(Dataset entries)
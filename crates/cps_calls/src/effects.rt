//! What an operation on values does ends a node.

ghost use Rattle.std.specs.Prelude.{◌≡◌, ◌<◌, ℕ, Err, length};
ghost use Rattle.model_values.specs.Cells.{Answer};
ghost use Rattle.model_values.specs.Limits.{product_limits};
ghost use Rattle.model_run.specs.Around.{ended};
ghost use Rattle.model_run.specs.State.{World, operating};
ghost use Rattle.value_ops.specs.Effects.{EffectBelow, effect_answer};
ghost use Rattle.cps_frames.specs.Changes.{Done, GivesNothing};
ghost use Rattle.cps_frames.specs.Moves.{ComesTo};
ghost use Rattle.cps_frames.specs.Standing.{standing, world_of};
ghost use Rattle.cps_frames.specs.declared.thread.ThreadState.{ThreadState as Thread};

use cps_frames::{Halt, Move, Shared};
use model_run::Ending;
use value_ops::{Effect, perform};
use value_view::OpRefusal;

/// Does what an operation has decided, and ends the node with what that gives or throws.
pub(crate) fn end_with(shared: &mut Shared, effect: Effect) -> Result<Move, Halt>
    requires { EffectBelow (length shared.old.heap.cells) effect }
    ensures { (t : Thread) (k r : ℕ) (f : World → Answer) → 0 < r → f (world_of shared.old t) ≡ effect_answer product_limits shared.old.heap.cells effect → ComesTo k r (λ sh a. operating f ended) (standing shared.old t) result (standing shared.new t) }
{
    let value = perform(&mut shared.heap, effect)?;
    Ok(Move::Ends(Ending::Normal(value)))
}

/// Throws what an operation has decided to throw: the throwable, or why there is none.
pub(crate) fn throw_with(shared: &mut Shared, effect: Effect) -> OpRefusal
    requires fits { EffectBelow (length shared.old.heap.cells) effect }
    requires throws { GivesNothing (effect_answer product_limits shared.old.heap.cells effect) }
    ensures { (t : Thread) (f : World → Answer) → f (world_of shared.old t) ≡ effect_answer product_limits shared.old.heap.cells effect → Done f (standing shared.old t) (Err result) (standing shared.new t) }
{
    let Err(refusal) = perform(&mut shared.heap, effect) else {
        unreachable!()
    };
    refusal
}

◆ What this task involves:
What you give back should match the entries above exactly.

◆ Response:
filename crates/cps_calls/src/effects.rt
//! What an operation on values does ends a node.

ghost use Rattle.std.specs.Prelude.{◌≡◌, ◌<◌, ℕ, Err, length};
ghost use Rattle.model_values.specs.Cells.{Answer};
ghost use Rattle.model_values.specs.Limits.{product_limits};
ghost use Rattle.model_run.specs.Around.{ended};
ghost use Rattle.model_run.specs.State.{World, operating};
ghost use Rattle.value_ops.specs.Effects.{EffectBelow, effect_answer};
ghost use Rattle.cps_frames.specs.Changes.{Done, GivesNothing};
ghost use Rattle.cps_frames.specs.Moves.{ComesTo};
ghost use Rattle.cps_frames.specs.Standing.{standing, world_of};
ghost use Rattle.cps_frames.specs.declared.thread.ThreadState.{ThreadState as Thread};

use cps_frames::{Halt, Move, Shared};
use model_run::Ending;
use value_ops::{Effect, perform};
use value_view::OpRefusal;

/// Does what an operation has decided, and ends the node with what that gives or throws.
pub(crate) fn end_with(shared: &mut Shared, effect: Effect) -> Result<Move, Halt>
    requires { EffectBelow (length shared.old.heap.cells) effect }
    ensures { (t : Thread) (k r : ℕ) (f : World → Answer) → 0 < r → f (world_of shared.old t) ≡ effect_answer product_limits shared.old.heap.cells effect → ComesTo k r (λ sh a. operating f ended) (standing shared.old t) result (standing shared.new t) }
{
    let value = perform(&mut shared.heap, effect)?;
    Ok(Move::Ends(Ending::Normal(value)))
}

/// Throws what an operation has decided to throw: the throwable, or why there is none.
pub(crate) fn throw_with(shared: &mut Shared, effect: Effect) -> OpRefusal
    requires fits { EffectBelow (length shared.old.heap.cells) effect }
    requires throws { GivesNothing (effect_answer product_limits shared.old.heap.cells effect) }
    ensures { (t : Thread) (f : World → Answer) → f (world_of shared.old t) ≡ effect_answer product_limits shared.old.heap.cells effect → Done f (standing shared.old t) (Err result) (standing shared.new t) }
{
    let Err(refusal) = perform(&mut shared.heap, effect) else {
        unreachable!()
    };
    refusal
}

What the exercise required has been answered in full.